R-GCN run time error during evaluation

Saatviga · December 2, 2019, 11:16am

Hi,

I get the following error when running R-GCN with FB15k-237. It happens during evaluation. I reduced the eval batch size but still after 2000 epochs it fails with this run time error.

File “/home/saatviga_sudhahar/workspace/dgl/examples/pytorch/rgcn/utils.py”, line 210, in calc_mrr
ranks_s = perturb_and_get_rank(embedding, w, o, r, s, test_size, eval_bz)
File “/home/saatviga_sudhahar/workspace/dgl/examples/pytorch/rgcn/utils.py”, line 193, in perturb_and_get_rank
out_prod = torch.bmm(emb_ar, emb_c) # size D x E x V
RuntimeError: [enforce fail at CPUAllocator.cpp:64] . DefaultCPUAllocator: can’t allocate memory: you tried to allocate 3722496000 bytes. Error code 12 (Cannot allocate memory)

Has anyone faced the same issue?

mufeili · December 3, 2019, 3:04am

Did you train your model on CPU or GPU?

hackerchenzhuo · March 20, 2020, 9:55am

hi. I have the same question
so how could I use mini-batch run during evaluation?
or Can I use the GPU for evaluation?

mufeili · March 20, 2020, 5:45pm

I presume the model is trained with mini-batch training on GPU. For evaluation, you can adapt the training code for mini-batch evaluation. For concerns about randomness in sampling, you can perform evaluation for multiple times and compute mean/std of the results.

hackerchenzhuo · March 20, 2020, 6:06pm

so, what does it means?
" For evaluation, you can adapt the training code for mini-batch evaluation."
I didn’t find this related code to adapt the training code for mini-batch evaluation in R-GCN prediction code.

classicsong · March 23, 2020, 7:25am

We are writing example codes of R-GCN link prediction on heterograph using mini-batch training and evalution right now. We will release a PR this week.

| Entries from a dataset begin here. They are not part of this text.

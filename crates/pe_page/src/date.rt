//! Time stamps as dates.

ghost use Rattle.pe_text.specs.TextWriter.{IsReady};
ghost use Rattle.pe_page.specs.Page.{AddsSome};

use jiff_core::civil::DateTime;
use pe_text::Part::{Decimal, Hex2, Text};
use pe_text::{Sink, TextWriter, write_parts};

/// The byte whose two hexadecimal digits are the decimal digits of a number below 100.
fn two_digits(number: u8) -> u8 {
    number % 100 / 10 * 16 + number % 10
}

/// Adds a time in seconds since the beginning of 1970 as date and time: `2022-10-15 09:27:34 UTC`.
pub(crate) fn write_date<W: Sink>(text: &mut TextWriter<W>, seconds: u32)
    requires { IsReady W.failures text.old }
    ensures { AddsSome W.taken W.failures text.old text.new }
{
    let DateTime { date, time } = DateTime::from_nanosecond_in_range(
        seconds as i128 * 1_000_000_000,
    );
    write_parts(
        text,
        &[
            Decimal(date.year.unsigned_abs() as u64),
            Text(b"-"),
            Hex2(two_digits(date.month)),
            Text(b"-"),
            Hex2(two_digits(date.day)),
            Text(b" "),
            Hex2(two_digits(time.hour)),
            Text(b":"),
            Hex2(two_digits(time.minute)),
            Text(b":"),
            Hex2(two_digits(time.second)),
            Text(b" UTC"),
        ],
    );
}
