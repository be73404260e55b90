//! The sections of an object as its file has them.

ghost use Rattle.std.specs.Prelude.{◌≡◌, map, IfOk};
ghost use Rattle.coff_read.specs.EitherObject.{form_of, file_of};
ghost use Rattle.coff_read.specs.FileView.{file_section_view};
ghost use Rattle.coff_read.specs.FormReading.{object_of};
ghost use Rattle.coff_read.specs.ObjectView.{raw_view};
ghost use Rattle.pe_page.specs.Objects.{sizes_of};

use coff_read::{EitherObject, FileSection, RawData};
use std::alloc::{AllocError, Allocator};

/// The sections of an object, in table order.
pub fn read_sections<'a, A: Allocator + Copy>(
    alloc: A,
    object: &EitherObject<'a>,
) -> Result<Vec<FileSection<'a>, A>, AllocError>
    ensures { IfOk result (λ sections. map file_section_view sections.items ≡ (object_of (form_of object.now) (file_of object.now)).sections) }
{
    let mut sections = Vec::with_capacity(alloc, object.section_count())?;
    for section in object.each_section(alloc) {
        sections.push(section)?;
    }
    Ok(sections)
}

/// The size of a section in bytes, and how many of them are in the file.
pub fn sizes_of(raw: &RawData) -> (u64, u64)
    ensures { result ≡ sizes_of (raw_view raw.now) }
{
    match raw {
        RawData::Bytes(bytes) => (bytes.len() as u64, bytes.len() as u64),
        RawData::Absent(size) => (u64::from(*size), 0),
    }
}
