//! A law of the outcomes.

ghost use Rattle.pe_reach.specs.Views.{FollowsLooks};
ghost use Rattle.pe_page.specs.Judged.{IsJudged, IsImageJudged};

use pe_reach::laws::faults_agree;

/// Files that look alike have the same outcome, of `pe_show::show` and of `pe_at::at`.
pub fn outcomes_agree()
    ensures page { FollowsLooks IsJudged }
    ensures place { FollowsLooks IsImageJudged }
{
    faults_agree();
}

hackerchenzhuo · March 23, 2020, 8:57am

thank you so much : )
You did help me a lot

JingyiChen1996 · May 5, 2020, 7:56pm

Hi, I also have the same issue of lack of memory for evaluation. I wonder have you released the example codes of mini-batch evaluation yet? Thanks!

classicsong · May 11, 2020, 7:02am

Here is an example code based on neighbor sampling: https://github.com/classicsong/dgl/blob/rgcn-homo-to-homo/examples/pytorch/rgcn/link_predict_hetero_mb.py

It is not merged yet, I will finalize it and merge it into DGL.